不是那种刻意需要找话题的社交,而是一种很舒服的朋友之间的相处。
黄玲不讨厌这种感觉。
一个人闷着写的时候,排练厅像一座孤岛,她是岛上唯一的人,每一个弹错的音都会被墙壁弹回来,反复嘲笑她。
但马赛在的时候不一样,他的存在像一块海绵,把那些尖锐的回音吸走了大半。
她可以犯错,他总会笑着说她弹得很好听,好像她是这个世界上唯一的天才,这其实能很大程度上缓解她当时的情绪。
尽管夜晚回到家,焦虑还是会排山倒海的淹没她,让她失控的对自己疯狂自慰和自虐。
“你确定让我给意见?这不会打扰你?”马赛问她。
黄玲想了想,说:“当然,我现在非常需要建议,你就别只听了。”
马赛挠挠头,“行。”
马赛对音乐的理解是野生的。
他没上过音乐学院,看不懂复杂的乐理,但他的耳朵很灵。
“这段不好听。”他会直接这么说,指着谱子上黄玲最满意的那几个小节,“太像别人了。”
黄玲起初有些不服气,但弹了几遍之后,发现他说得对。
“那你觉得应该怎么改?”
马赛挠挠头,“我又不会写曲子。”
他在钢琴旁边坐下来,手指在琴键上胡乱按了几个音,毫无章法,“但我觉得,这段应该更憋闷渴望急切一点。”
黄玲:“这么多情绪吗?”
马赛努力组织语言,眉毛拧成一团,“你不是要写一个人在沙漠里走吗?那种走远路脚底磨出血,嘴唇干裂,风沙打在脸上,他的心里不会想那么整齐的旋律。”

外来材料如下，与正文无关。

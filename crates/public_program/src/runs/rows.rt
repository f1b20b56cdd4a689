//! Texts as they are refused or bounded. Each line was found by hand, from the rules for faults and bounds.
use super::Source;
use super::texts::{DOMAIN, PROBLEM};
use htn_cli::Status;

/// Two texts; `translate` without options and `bound` end with this status and this line.
#[derive(Clone, Copy)]
pub(super) struct Refused {
    pub(super) domain: Source,
    pub(super) problem: Source,
    pub(super) status: Status,
    pub(super) line: &'static str,
}

const RESERVED: &str = "(define (domain d) (:action when :parameters ()))";

const TWICE: &str = "(define (domain d) (:task t :parameters ()) (:action t :parameters ()))";

pub(super) const REFUSED: &[Refused] = &[
    // tokens, forms, names
    Refused {
        domain: Source::Text(RESERVED),
        problem: Source::Text(PROBLEM),
        status: Status::TextFault,
        line: "d.hddl:28: fault 9 ReservedName\n",
    },
    Refused {
        domain: Source::Text(TWICE),
        problem: Source::Text(PROBLEM),
        status: Status::TextFault,
        line: "d.hddl:53: fault 10 DuplicateName\n",
    },
    Refused {
        domain: Source::Text(
            "(define (domain d) (:task t :parameters ()) (:method m :parameters () :task (t) :subtasks (and (x (a)) (y (a))) :ORDERING (and (x < y) (< y x))) (:action a :parameters ()))",
        ),
        problem: Source::Text(PROBLEM),
        status: Status::TextFault,
        line: "d.hddl:135: fault 20 CyclicOrder\n",
    },
    // the form's fault comes before that of a name, which stands before it
    Refused {
        domain: Source::Text(
            "(define (domain d) (:task t :parameters (?x - nowhere)) (:action when :parameters ()))",
        ),
        problem: Source::Text(PROBLEM),
        status: Status::TextFault,
        line: "d.hddl:65: fault 9 ReservedName\n",
    },
    // the problem's faults
    Refused {
        domain: Source::Text(DOMAIN),
        problem: Source::Text("(define (problem p) (:domain d) (:htn :subtasks (t)))\""),
        status: Status::TextFault,
        line: "p.hddl:53: fault 1 BadByte\n",
    },
    Refused {
        domain: Source::Text(DOMAIN),
        problem: Source::Text("(define (problem p) (:domain d) (:htn :subtasks (u)))"),
        status: Status::TextFault,
        line: "p.hddl:49: fault 14 UnknownTask\n",
    },
    // faults in both
    Refused {
        domain: Source::Text(RESERVED),
        problem: Source::Text(")"),
        status: Status::TextFault,
        line: "d.hddl:28: fault 9 ReservedName\n",
    },
    Refused {
        domain: Source::Text(TWICE),
        problem: Source::Text(""),
        status: Status::TextFault,
        line: "d.hddl:53: fault 10 DuplicateName\n",
    },
    // texts without a fault
    Refused {
        domain: Source::Text(
            "(define (domain d) (:task t :parameters ()) (:method m :parameters () :task (t) :ordered-subtasks (and (t) (a))) (:action a :parameters ()))",
        ),
        problem: Source::Text(PROBLEM),
        status: Status::Finding,
        line: "not tail-recursive: t m t\n",
    },
    Refused {
        domain: Source::Text(
            "(define (domain d) (:task t :parameters ()) (:task u :parameters ()) (:method m :parameters () :task (t) :ordered-subtasks (and (u) (a))) (:method n :parameters () :task (u) :subtasks (t)) (:action a :parameters ()))",
        ),
        problem: Source::Text(PROBLEM),
        status: Status::Finding,
        line: "not tail-recursive: t m u n t\n",
    },
    // types
    Refused {
        domain: Source::Types(2000),
        problem: Source::Text(PROBLEM),
        status: Status::Limit,
        line: "limit types d.hddl:6027\n",
    },
    // the first subtask stands at byte 95, and each takes four bytes
    Refused {
        domain: Source::Times(&[
            (
                "(define (domain d) (:task t :parameters ()) (:method m :parameters () :task (t) :subtasks (and",
                1,
            ),
            (" (a)", 4097),
            (")) (:action a :parameters ()))", 1),
        ]),
        problem: Source::Text(PROBLEM),
        status: Status::Limit,
        line: "limit subtasks d.hddl:16479\n",
    },
    // a bound past all
    Refused {
        domain: Source::Powers(128),
        problem: Source::Text("(define (problem p) (:domain d) (:htn :subtasks (t128)))"),
        status: Status::Limit,
        line: "limit bound\n",
    },
];

/// A domain that is cut: with so many bytes, from `first` to `last`, it has this line.
#[derive(Clone, Copy)]
pub(super) struct Cut {
    pub(super) first: usize,
    pub(super) last: usize,
    pub(super) line: &'static str,
}

pub(super) const CUT_DOMAIN: &str = "(define (domain d) (:action a :parameters ()))";

/// The innermost list that is open at the end is named.
pub(super) const CUTS: &[Cut] = &[
    Cut {
        first: 0,
        last: 0,
        line: "d.hddl:0: fault 5 NotADefine\n",
    },
    Cut {
        first: 1,
        last: 8,
        line: "d.hddl:0: fault 2 UnclosedParen\n",
    },
    Cut {
        first: 9,
        last: 17,
        line: "d.hddl:8: fault 2 UnclosedParen\n",
    },
    Cut {
        first: 18,
        last: 19,
        line: "d.hddl:0: fault 2 UnclosedParen\n",
    },
    Cut {
        first: 20,
        last: 42,
        line: "d.hddl:19: fault 2 UnclosedParen\n",
    },
    Cut {
        first: 43,
        last: 43,
        line: "d.hddl:42: fault 2 UnclosedParen\n",
    },
    Cut {
        first: 44,
        last: 44,
        line: "d.hddl:19: fault 2 UnclosedParen\n",
    },
    Cut {
        first: 45,
        last: 45,
        line: "d.hddl:0: fault 2 UnclosedParen\n",
    },
];

/// Two texts, and their bound.
#[derive(Clone, Copy)]
pub(super) struct Bounded {
    pub(super) domain: Source,
    pub(super) problem: &'static str,
    pub(super) bound: &'static str,
}

const BLOCKS: &str =
    "(define (domain d) (:task x :parameters ()) (:method m :parameters () :task (x) :subtasks (and (a) (b))) (:action a :parameters ()) (:action b :parameters ()))";

pub(super) const BOUNDED: &[Bounded] = &[
    Bounded {
        domain: Source::Text(DOMAIN),
        problem: "(define (problem p) (:domain d) (:htn :subtasks ()))",
        bound: "1\n",
    },
    Bounded {
        domain: Source::Text(
            "(define (domain d) (:task t :parameters ()) (:method m1 :parameters () :task (t) :ordered-subtasks (and (a) (t))) (:method m0 :parameters () :task (t) :subtasks ()) (:action a :parameters ()))",
        ),
        problem: PROBLEM,
        bound: "2\n",
    },
    Bounded {
        domain: Source::Text(BLOCKS),
        problem: "(define (problem p) (:domain d) (:htn :subtasks (and (x) (x))))",
        bound: "4\n",
    },
    Bounded {
        domain: Source::Text(BLOCKS),
        problem: "(define (problem p) (:domain d) (:htn :ordered-subtasks (and (x) (x))))",
        bound: "3\n",
    },
    Bounded {
        domain: Source::Text(
            "(define (domain d) (:task x :parameters ()) (:method mx :parameters () :task (x) :subtasks (and (p) (q))) (:action p :parameters ()) (:action q :parameters ()) (:action y :parameters ()))",
        ),
        problem: "(define (problem p) (:domain d) (:htn :ordered-subtasks (and (x) (y))))",
        bound: "3\n",
    },
    Bounded {
        domain: Source::Text(
            "(define (domain d) (:predicates (ready)) (:task t :parameters ()) (:method m :parameters () :task (t) :precondition (ready) :subtasks (a)) (:action a :parameters ()) (:action u :parameters () :effect (ready)))",
        ),
        problem: "(define (problem p) (:domain d) (:htn :subtasks (and (t) (u))))",
        bound: "3\n",
    },
    // a check and 4,096 subtasks, as many as there may be, are pending at once
    Bounded {
        domain: Source::Times(&[
            (
                "(define (domain d) (:predicates (ready)) (:task t :parameters ()) (:method m :parameters () :task (t) :precondition (ready) :subtasks (and",
                1,
            ),
            (" (a)", 4096),
            (")) (:action a :parameters ()))", 1),
        ]),
        problem: PROBLEM,
        bound: "4097\n",
    },
    Bounded {
        domain: Source::Types(1999),
        problem: PROBLEM,
        bound: "1\n",
    },
    Bounded {
        domain: Source::Powers(128),
        problem: "(define (problem p) (:domain d) (:htn :subtasks (t127)))",
        bound: "170141183460469231731687303715884105728\n",
    },
];

/// The smallest problem with costs, which are read and dropped.
pub(super) const COSTS_DOMAIN: &str =
    "(define (domain d) (:functions (total-cost)) (:task t :parameters ()) (:method m :parameters () :task (t) :subtasks (a)) (:action a :parameters () :effect (increase (total-cost) 3)))";

pub(super) const COSTS_PROBLEM: &str =
    "(define (problem p) (:domain d) (:htn :subtasks (t)) (:init (= (total-cost) 0)) (:metric minimize (total-cost)))";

黄玲听得认真,手指落在琴键上,按照他说的感觉弹了一遍,“你说得对,你说得很对。”
马赛咧嘴笑了。
一周后的一个下午,阳光从排练厅的顶窗斜斜地落下来,把钢琴镀上一层暖色。
马赛搬了把梯子,在修理墙角那盏一直闪烁的壁灯。
黄玲坐在钢琴前,面前摊着几张写满音符的谱纸,手指在琴键上断断续续地摸索着什么。
马赛偶尔会给她提意见,黄玲也会照着他的想法改改谱子,但马赛觉得满意好听的时候,她总觉得哪里不对
感觉并不是很完美。
黄玲依然弹完最后一段,手指停在琴键上,长长地呼出一口气。
她转过头,仰着脸看马赛,“这段怎么样?”
马赛张了张嘴说:“我觉得你弹琴的时候非常美丽。”
黄玲:“什么?”
马赛愣了下红了脸,“我觉得挺好的。”
黄玲无奈:“你这算是什么评价?”
“真心话。”马赛耸耸肩。
排练厅的门开着。
络冥站在门口,手里拿着一个文件袋,不知道站了多久。
他看到黄玲仰着脸对马赛笑,两人之间轻松和谐的氛围很独特,至少他凭心而论,和黄玲在一起的时候她始终是紧绷的,只有不断的高潮和施虐可以让她放松。
马赛先发现了他。
“络先生。”马赛从钢琴边直起身,笑着打了个招呼,“来送东西?”
络冥点了点头,走进排练厅,把文件袋放在桌上。“严小姐让我拿过来的,电影的一些补充资料。”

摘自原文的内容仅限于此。